Mancuso didn't say anything, but he pointed to the fire-control tracking party. They'd work up a position on the seaward target while Dallas moved into the coast at periscope depth, keeping her radio antenna up.
"Nine-seven-one, this is Velikiye Luki Center. Turn right to new course one-zero-four," the Russian voice told Colonel von Eich. The pilot squeezed the microphone trigger on his wheel.
"Say again, Luki. Over."
"Nine-seven-one, you are ordered to turn right to new heading one-zero-four and return to Moscow. Over."
"Ah, thank you, Luki, negative, we are proceeding on a heading of two-eight-six as per our flight plan. Over."
"Nine-seven-one, you are ordered to return to Moscow!" the controller insisted.
"Roger. Thank you. Out." Von Eich looked down to see that his autopilot was on the proper heading, then resumed his outside scanning for other aircraft.
"But you are not turning back," the Russian said over the intercom.
"No." Von Eich turned to look at the man. "We didn't leave anything behind that I know of." Well
"But they ordered you-"
"Son, I am in command of this aircraft, and my orders are to fly to Shannon," the pilot explained.
"But-" The Russian unsnapped his straps and started to stand up.
"Sit down!" the pilot ordered. "Nobody leaves my flight deck without my permission, mister! You are a guest on my airplane, and you'll goddamned well do what I say!" Damn, it was supposed to be easier than this! He gestured to the engineer, who toggled off another switch. That shut off all the cabin lights in the aircraft. The VC-137 was now totally blacked out. Von Eich keyed his radio again. "Luki, this is niner-seven-one. We have some electrical problems aboard. I don't want to make any radical course changes until we have them figured out. Do you copy? Over."
"What is your problem?" the controller asked. The pilot wondered what he'd been told as he gave out the next set of lies.

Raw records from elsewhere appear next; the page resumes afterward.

//! Counters of one value, to which all readers add.
ghost use Rattle.std.specs.Prelude.{◌≡◌, All};
ghost use Rattle.map_table.specs.Held.{IsReady};

use map_table::{MAX_READERS, MapTable, ReadSeat, Secret, TableShape, Values, Writer};
use std::alloc::{AllocError, Global};
use std::test::Fail;
use std::thread::{Threads, for_each_mut};

/// A table for eight keys and eight readers, who share the value under a key.
const SHARED: TableShape = TableShape {
    readers: 8,
    buckets: 2,
    elements: 8,
    key_words: 1,
    value_words: 1,
    values: Values::Shared,
    secret: Secret {
        first: 0x1234_5678_9abc_def0,
        second: 0x0fed_cba9_8765_4321,
    },
};

/// How often each reader adds.
const TIMES: u32 = 100_000;

/// Adds 3 to the value under the key 7, in a section of its own.
fn add_once(table: &MapTable, seat: &mut ReadSeat)
    requires ready { IsReady table.now seat.old }
    requires shape { table.now.shape ≡ SHARED }
    ensures ready { IsReady table.now seat.new }
{
    table.open(seat);
    if let Some(element) = table.lookup(seat, &[7]) {
        table.add(seat, element, 1, 3);
    }
    table.close(seat);
}

/// Does it again and again.
fn add_often(table: &MapTable, seat: &mut ReadSeat)
    requires ready { IsReady table.now seat.old }
    requires shape { table.now.shape ≡ SHARED }
    ensures ready { IsReady table.now seat.new }
{
    for _ in 0..TIMES {
        add_once(table, seat);
    }
}

/// All readers do so at once, each in a thread of its own.
fn add_all<R: Threads + Sync>(rt: &R, table: &MapTable, seats: &mut [ReadSeat])
    requires ready { All (IsReady table.now) seats.old }
    requires shape { table.now.shape ≡ SHARED }
{
    for_each_mut(
        rt,
        seats,
        MAX_READERS,
        &|_, seat: &mut ReadSeat| add_often(table, seat),
    );
}

/// What they make of a value that was 5.
fn add_to_five<R: Threads + Sync>(
    rt: &R,
    table: &MapTable,
    seats: &mut [ReadSeat],
    writer: &mut Writer,
) -> Option<u64>
    requires ready { All (IsReady table.now) seats.old }
    requires table { writer.old.table ≡ table.now }
    requires shape { table.now.shape ≡ SHARED }
{
    let way = writer.link(table, &[7], &[5])?;
    add_all(rt, table, seats);
    let element = writer.element_at(way)?;
    Some(writer.sum(table, element, 0))
}

/// The same in a new table.
fn add_in_new<R: Threads + Sync>(rt: &R, alloc: Global) -> Result<Option<u64>, AllocError> {
    let (table, mut seats, mut writer) = MapTable::new(alloc, SHARED)?;
    Ok(add_to_five(rt, &table, &mut seats.list, &mut writer))
}

/// Eight readers add 3 to one word at once, a hundred thousand times each, and none of it is lost.
#[test]
fn no_added_amount_is_lost(rt: HostRuntime) -> Result<(), Fail> {
    let sum = add_in_new(&rt, rt.alloc())?;
    assert!(rt; sum == Some(2_400_005));
    Ok(())
}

"Luki, we don't know just yet. We're losing electrical power. All our lights have gone bad. The bird is blacked out at the moment, say again we are running without lights. I'm a little worried, and I don't need any distractions right now." That bought him two minutes of silence, and twenty miles of westward progress.

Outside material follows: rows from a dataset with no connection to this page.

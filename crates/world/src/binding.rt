//! Whether programs are bound to maps of the shapes that they were verified for.
ghost use Rattle.std.specs.Prelude.{◌≡◌, ◌≤◌, ◌↔◌, ℕ, length, IsTrue, IfSome, IfNone, Some, slice_get};
ghost use Rattle.bpf_model.specs.declared.limits.TheConstants.{MAX_MAPS};
ghost use Rattle.bpf_model.specs.Shapes.{AreShapes};
ghost use Rattle.bpf_model.specs.View.{shapes_of_maps};
ghost use Rattle.plan_laws.specs.Verified.{IsVerified};
ghost use Rattle.world_laws.specs.Typed.{IsRealProgram};
ghost use Rattle.world_laws.specs.Binding.{IsBoundTo};
ghost use Rattle.world.specs.declared.kept.loaded.Loaded.{Loaded};
ghost use Rattle.world.specs.BoundTo.{AreProgramsBound, IsBound};
ghost use Rattle.world.specs.Programs.{program_of};
ghost use Rattle.world.specs.Bound.{IsFirstUnbound};

use crate::kept::Loaded;
use bpf_model::{MapId, MapShape, ProgId};
use maps::Registry;
use world_laws::typed::code_is_real;

/// Whether the number is that of a map that is there and has this shape.
fn has_shape(registry: &Registry, number: MapId, asked: MapShape) -> bool
    ensures { IsTrue result ↔ (slice_get (shapes_of_maps registry.now.maps) number ≡ Some asked) }
{
    match registry.shape(number) {
        Some(shape) => shape == asked,
        None => false,
    }
}

/// Whether the numbers are those of maps that are there and have these shapes, one after another.
fn have_shapes(registry: &Registry, numbers: &[usize], asked: &[MapShape]) -> bool
    ensures { IsTrue result ↔ IsBoundTo (shapes_of_maps registry.now.maps) asked.now numbers.now }
{
    if numbers.len() != asked.len() {
        return false;
    }
    for (i, number) in numbers.iter().enumerate() {
        if !has_shape(registry, MapId::new(*number), asked[i]) {
            return false;
        }
    }
    true
}

/// Whether a program is bound.
pub(crate) fn is_bound(registry: &Registry, program: &Loaded) -> bool
    ensures { IsTrue result ↔ IsBound (shapes_of_maps registry.now.maps) program.now }
{
    have_shapes(registry, program.maps.as_slice(), program.verified.shapes())
}

/// The first program that is not bound.
pub(crate) fn first_unbound(registry: &Registry, loaded: &[Loaded]) -> Option<ProgId>
    ensures some { IfSome result (λ p.
        IsFirstUnbound (shapes_of_maps registry.now.maps) loaded.now p) }
    ensures none { IfNone result (AreProgramsBound (shapes_of_maps registry.now.maps) loaded.now) }
{
    for (index, program) in loaded.iter().enumerate() {
        if !is_bound(registry, program) {
            return Some(ProgId::new(index));
        }
    }
    None
}

/// A law: a registry has at most `MAX_MAPS` maps, and their shapes are shapes that maps may have.
pub(crate) fn certify_maps(registry: &Registry)
    ensures shapes { AreShapes (shapes_of_maps registry.now.maps) }
    ensures limit { length registry.now.maps ≤ MAX_MAPS }
{
    registry.have_shapes();
    let _count = registry.len();
}

/// A law: a loaded program is verified, and a value of its type.
pub(crate) fn certify(program: &Loaded)
    ensures verified { IsVerified program.now.verified.program program.now.verified.shapes
        program.now.verified.ctx_len }
    ensures real { IsRealProgram (program_of program.now) }
{
    let code = program.verified.program();
    code_is_real(code.instructions());
    let _count = program.maps.len();
}

/// A law: each loaded program of a list is verified, and a value of its type.
pub(crate) fn certify_programs(loaded: &[Loaded])
    ensures verified { (p : ℕ) (l : Loaded) → slice_get loaded.now p ≡ Some l →
        IsVerified l.verified.program l.verified.shapes l.verified.ctx_len }
    ensures real { (p : ℕ) (l : Loaded) → slice_get loaded.now p ≡ Some l →
        IsRealProgram (program_of l) }
{
    for program in loaded {
        certify(program);
    }
}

"Nine-seven-one, I have notified Moscow of your problems. They advise that you return at once. They will clear you for an emergency approach," the controller offered.
"Roger, thank you, Luki, but I don't want to risk a course change right now, if you know what I mean. We're working to fix the problem. Please stand by. Will advise. Out." Colonel von Eich checked the clock in his instrument panel. Thirty more minutes to the coast,
"What?" Major Zarudin asked. "Who got on the airplane?"

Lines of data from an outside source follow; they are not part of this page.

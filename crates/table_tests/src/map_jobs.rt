//! Jobs that the seats of a `MapTable` serve.
ghost use Rattle.std.specs.Prelude.{◌≡◌, ◌≤◌, All, IfOk, vec_len};
ghost use Rattle.map_table.specs.Held.{IsReady};
ghost use Rattle.shared_runs.specs.MapRuns.{ServesMaps};

use crate::jobs::{End, Kind, counts, jobs_of};
use crate::making::{LOAD_BYTE, LOOKUP_AND_LOAD, LOOKUP_AND_STORE_BYTE, verified};
use map_table::{MapTable, ReadSeat, Secret, TableShape, Values};
use shared_runs::maps::{MapRuns, fits};
use std::alloc::Global;
use std::sync::Wait;
use std::test::Fail;
use std::thread::Threads;
use verifier::Verified;
use worker_pool::{Job, PoolFault, Report, run_table_jobs};

/// A table of keys and values of a word, for as many readers as there may be.
const SHAPE: TableShape = TableShape {
    readers: 64,
    buckets: 2,
    elements: 8,
    key_words: 1,
    value_words: 1,
    values: Values::Shared,
    secret: Secret {
        first: 0x1234_5678_9abc_def0,
        second: 0x0fed_cba9_8765_4321,
    },
};

/// A lookup and a load of a byte find the value; a store of a byte, a context that is too long and a program that there is
/// not are stopped.
const KINDS: &[Kind] = &[
    (0, 0, End::Exit(5)),
    (1, 1, End::Exit(5)),
    (2, 0, End::SubWord),
    (0, 1, End::BadContext),
    (3, 0, End::NoProgram),
];

/// A program of the table's lengths, verified for a context of so many bytes.
pub fn fitting(
    alloc: Global,
    table: &MapTable,
    text: &str,
    ctx_len: usize,
) -> Result<Verified, Fail>
    requires { ctx_len ≤ 1 }
    ensures { IfOk result (λ v. ServesMaps table.now.shape v.shapes) }
{
    let program = verified(alloc, text, ctx_len)?;
    if !fits(table, &program) {
        return Err(Fail::from("the program is for other lengths"));
    }
    Ok(program)
}

/// A lookup for an empty context, a load of a byte for a context of one, and a store of a byte for an empty one.
fn three_programs(alloc: Global, table: &MapTable) -> Result<[Verified; 3], Fail>
    ensures { IfOk result (λ programs. All (λ v. ServesMaps table.now.shape v.shapes) programs) }
{
    let lookup = fitting(alloc, table, LOOKUP_AND_LOAD, 0)?;
    let load = fitting(alloc, table, LOAD_BYTE, 1)?;
    let store = fitting(alloc, table, LOOKUP_AND_STORE_BYTE, 0)?;
    Ok([lookup, load, store])
}

/// What comes of jobs that the seats of a table serve, each in a thread of its own.
fn serve<R: Threads + Wait + Sync>(
    rt: &R,
    alloc: Global,
    table: &MapTable,
    seats: &mut Vec<ReadSeat>,
    jobs: &[Job],
) -> Result<Result<Report<()>, PoolFault>, Fail>
    requires all { vec_len seats.old ≡ 64 }
    requires ready { All (IsReady table.now) seats.old.items }
{
    let programs = three_programs(alloc, table)?;
    let runs = MapRuns { table };
    Ok(run_table_jobs(rt, alloc, &programs, jobs, &runs, seats))
}

/// The same of a new table, in which the key of zeros has the value 5.
fn serve_from_new<R: Threads + Wait + Sync>(
    rt: &R,
    alloc: Global,
    jobs: &[Job],
) -> Result<Result<Report<()>, PoolFault>, Fail> {
    let (table, mut seats, mut writer) = MapTable::new(alloc, SHAPE)?;
    let _ = writer.link(&table, &[0], &[5]);
    serve(rt, alloc, &table, &mut seats.list, jobs)
}

#[test]
fn each_job_over_a_map_table_has_its_outcome(rt: HostRuntime) -> Result<(), Fail> {
    let jobs = jobs_of(rt.alloc(), KINDS, 1000)?;
    let served = serve_from_new(&rt, rt.alloc(), &jobs)?;
    assert!(rt; counts(served, KINDS) == Ok([1000, 0]));
    Ok(())
}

"Chairman Gerasimov and an arrested enemy spy," Vatutin said.
"On an American airplane? You tell me that the Chairman is defecting on an American airplane!" The officer commanding the airport security detail had taken charge of the situation, as his orders allowed him to do. He found that he had two colonels, a lieutenant colonel, a driver, and an American in the office he used here-along with the craziest damned story he'd ever heard. "I must call for instructions."